Word count: 248 words
Reading time: about 1 minute
I read widely, watch movies and listen to the radio. Here is an interesting piece of figurative language I’ve encountered recently.
I saw a few minutes of the movie, Captain Corelli’s Mandolin, many years ago, starring Nicholas Cage and Penelope Cruz. I didn’t care much for it so I never sought out the book. But this weekend a friend who loved the book gave me a copy. I started reading it yesterday and while I’m not 100% sure it’s my kind of novel (I haven’t yet read enough for me to know) I can already tell that author Luis de Bernieres has a few sophisticated turns up his sleeve. Here is a piece of figurative language I uncovered yesterday:
A light breeze from the sea wandered in and out of the olives, rustling the leaves so that each one flashed an intricate semaphore of silver and dark green.
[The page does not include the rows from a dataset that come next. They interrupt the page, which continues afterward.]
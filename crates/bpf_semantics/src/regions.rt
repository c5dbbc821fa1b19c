//! The addresses that a run can use, as numbers for code: the regions, the counters, and the
//! numbers that represent maps.

ghost use Rattle.std.specs.Prelude.{◌≡◌, ◌<◌, ◌^◌};
ghost use Rattle.bpf_semantics.specs.Memory as memory;

use cells::CellNo;

/// The address of the first byte of the context.
pub const CONTEXT_START: u64 = 0x1000_0000;
/// The size of the context in bytes.
pub const CONTEXT_SIZE: u16 = 64;

/// The address of the first byte of the stack.
pub const STACK_START: u64 = 0x1FFF_FE00;
/// The address after the last byte of the stack.
pub const STACK_TOP: u64 = 0x2000_0000;
/// The size of the stack in bytes.
pub const STACK_SIZE: u16 = 512;

/// The address of counter 0.
pub const CELL_START: u64 = 0x3000_0000;

/// The number of map 0.
pub const MAP_START: u64 = 0x4000_0000;

/// Law: each constant is the number of its definition.
pub fn region_numbers()
    ensures context { CONTEXT_START ≡ memory.context_start }
    ensures context_size { CONTEXT_SIZE ≡ memory.context_size }
    ensures stack { STACK_START ≡ memory.stack_start }
    ensures top { STACK_TOP ≡ memory.stack_top }
    ensures stack_size { STACK_SIZE ≡ memory.stack_size }
    ensures cells { CELL_START ≡ memory.cell_start }
    ensures cell_count { CellNo.COUNT ≡ memory.cell_count }
    ensures maps { MAP_START ≡ memory.map_start }
{}

/// A base plus an offset, modulo 2^64.
#[inline]
pub fn add_offset(base: u64, offset: i16) -> u64
    ensures { result ≡ memory.address_of base offset }
{
    base.wrapping_add((offset as i64).cast_unsigned())
}

/// A base plus the 32-bit offset of a wide load, modulo 2^64.
#[inline]
pub fn add_long_offset(base: u64, offset: i32) -> u64
    ensures { result ≡ memory.address_of base offset }
{
    base.wrapping_add((offset as i64).cast_unsigned())
}

/// The address of a counter.
// open: its result for numbers from 2^32 on, which no call may pass.
#[inline]
pub fn cell_address(cell: u64) -> u64
    requires { cell < 2 ^ 32 }
    ensures { result ≡ memory.cell_address cell }
{
    CELL_START + 8 * cell
}
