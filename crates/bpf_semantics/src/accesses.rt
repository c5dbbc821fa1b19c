//! Accesses (RFC 9669, "Load and Store Instructions"): their sizes, and the operations of atomic
//! instructions on counters.

ghost use Rattle.std.specs.Prelude.{◌≡◌, ◌≤◌};
ghost use Rattle.bpf_semantics.specs.Counters as counters;
ghost use Rattle.bpf_semantics.specs.Reads as reads;

use bpf_insn::{AtomicOp, AtomicSize, LoadKind, Reg, Size};
use cells::CellOp;

/// The number of bytes that a load reads.
#[inline]
pub fn load_count(kind: LoadKind) -> u16
    ensures count { result ≡ reads.load_count kind }
    ensures least { 1 ≤ result }
    ensures most { result ≤ 8 }
{
    match kind {
        LoadKind::Byte | LoadKind::SignedByte => 1,
        LoadKind::Half | LoadKind::SignedHalf => 2,
        LoadKind::Word | LoadKind::SignedWord => 4,
        LoadKind::Double => 8,
    }
}

/// The number of bytes that a store writes.
#[inline]
pub fn byte_count(size: Size) -> u16
    ensures count { result ≡ reads.byte_count size }
    ensures least { 1 ≤ result }
    ensures most { result ≤ 8 }
{
    match size {
        Size::Byte => 1,
        Size::Half => 2,
        Size::Word => 4,
        Size::Double => 8,
    }
}

/// The number of bytes of an atomic operation.
#[inline]
pub fn atomic_count(size: AtomicSize) -> u16
    ensures count { result ≡ counters.atomic_count size }
    ensures least { 1 ≤ result }
    ensures most { result ≤ 8 }
{
    match size {
        AtomicSize::Word => 4,
        AtomicSize::Double => 8,
    }
}

/// The operation on a counter; only compare-and-exchange compares, with R0.
#[inline]
pub fn cell_op(op: AtomicOp, r0: u64, value: u64) -> CellOp
    ensures { result ≡ counters.cell_op op r0 value }
{
    match op {
        AtomicOp::Add | AtomicOp::FetchAdd => CellOp::Add(value),
        AtomicOp::Or | AtomicOp::FetchOr => CellOp::Or(value),
        AtomicOp::And | AtomicOp::FetchAnd => CellOp::And(value),
        AtomicOp::Xor | AtomicOp::FetchXor => CellOp::Xor(value),
        AtomicOp::Exchange => CellOp::Swap(value),
        AtomicOp::CompareExchange => CellOp::CompareExchange(r0, value),
    }
}

/// The register that gets the old value, if any: src for fetch and exchange, R0 for
/// compare-and-exchange.
#[inline]
pub fn fetched(op: AtomicOp, src: Reg) -> Option<Reg>
    ensures { result ≡ counters.fetched op src }
{
    match op {
        AtomicOp::Add | AtomicOp::Or | AtomicOp::And | AtomicOp::Xor => None,
        AtomicOp::CompareExchange => Some(Reg::R0),
        _ => Some(src),
    }
}
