//! Words stay words: no step of a run makes a number that doesn't fit its register or byte.

ghost use Rattle.attrs.specs.Attributes.{Attributes};
ghost use Rattle.bpf_semantics.specs.Laws.{OpensWithWords, KeepsWords};
ghost use Rattle.bpf_semantics.specs.Program.{ShapedProgram};
ghost use Rattle.bpf_semantics.specs.State.{State};

use bpf_insn::results_fit;

/// Law: a run begins with registers below 2^64 and no byte of the stack set. For a program whose
/// numbers fit their fields, each step keeps set registers below 2^64 and set bytes below 256, for
/// each reply that fits its counter. A run's choice is below 2^64.
// open: the result for a program whose arrays aren't those of a `Shape`.
pub fn words_stay()
    ensures opens { (a : Attributes) → OpensWithWords a }
    ensures keeps { (p : ShapedProgram) (s : State) → KeepsWords p s }
{
    results_fit();
}
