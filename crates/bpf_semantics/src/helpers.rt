//! The helpers that a program may call (RFC 9669, "Helper Functions"). Each has a row: its number
//! in CALL, its arguments from R1 on, and the greatest number that it returns.

ghost use Rattle.std.specs.Prelude.{◌≡◌, Some};
ghost use Rattle.attrs.specs.Attributes.{Attributes, AreShort};
ghost use Rattle.bpf_semantics.specs.Helpers as helpers;

/// The address of an array's counter at a key, or 0 if the array has no such key.
pub const LOOKUP: i32 = 1;
/// Whether an attribute is a text on the stack.
pub const ATTR_IS: i32 = 2;
/// The length of an attribute.
pub const ATTR_LEN: i32 = 3;
/// The bucket of a salt.
pub const BUCKET: i32 = 4;

/// A helper: a function that a program calls.
#[derive(Clone, Copy)]
pub enum Helper {
    /// The address of an array's counter at a key, or 0.
    Lookup,
    /// Whether an attribute is a text on the stack.
    AttrIs,
    /// The length of an attribute.
    AttrLen,
    /// The bucket of a salt.
    Bucket,
}

/// The arguments of a helper, from R1 on, and its result.
#[derive(Clone, Copy)]
pub enum Prototype {
    /// A map and a key. It returns the address of the map's counter at the key, or 0.
    OfMap,
    /// An attribute's number, and the address and the length of a text on the stack. It returns 0
    /// or 1.
    OfText,
    /// A number. It returns at most `most`.
    OfNumber { most: u64 },
}

impl Helper {
    /// The helper with this number, if there is one.
    #[inline]
    pub fn of(number: i32) -> Option<Helper>
        ensures { result ≡ helpers.helper_of number }
    {
        if number == LOOKUP {
            Some(Helper::Lookup)
        } else if number == ATTR_IS {
            Some(Helper::AttrIs)
        } else if number == ATTR_LEN {
            Some(Helper::AttrLen)
        } else if number == BUCKET {
            Some(Helper::Bucket)
        } else {
            None
        }
    }

    /// The helper's prototype.
    #[inline]
    pub fn prototype(self) -> Prototype
        ensures { result ≡ helpers.prototype_of self }
    {
        match self {
            Helper::Lookup => Prototype::OfMap,
            Helper::AttrIs => Prototype::OfText,
            Helper::AttrLen => Prototype::OfNumber { most: 1024 },
            Helper::Bucket => Prototype::OfNumber { most: 9999 },
        }
    }
}

impl Prototype {
    /// The prototype of the helper that a CALL names, if there is one.
    #[inline]
    pub fn called(number: i32) -> Option<Prototype>
        ensures { result ≡ helpers.called_prototype number }
    {
        match Helper::of(number) {
            Some(helper) => Some(helper.prototype()),
            None => None,
        }
    }
}

/// Law: each constant is the number of its helper.
pub fn helper_numbers()
    ensures lookup { helpers.helper_of LOOKUP ≡ Some Helper.Lookup }
    ensures attr_is { helpers.helper_of ATTR_IS ≡ Some Helper.AttrIs }
    ensures attr_len { helpers.helper_of ATTR_LEN ≡ Some Helper.AttrLen }
    ensures bucket { helpers.helper_of BUCKET ≡ Some Helper.Bucket }
{}

/// Law: a helper that takes a number returns at most what its prototype says, if texts have at most
/// 1024 bytes.
pub fn numbers_are_within()
    ensures { (a : Attributes) → AreShort a.texts → helpers.AllKeepMost a }
{}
Lately, it’s become clear to me what an integral role personification plays in metaphor. Here, we see the breeze turned into a person who “wanders” and we see “leaves” flashing intricate semaphore at each other. I like having nature personified, particularly when it’s done in such an apt and surprising way. My husband and I walk in forests quite regularly and as soon as I read the semaphore image I knew the author was describing something I’d seen hundreds of times and had never managed to articulate.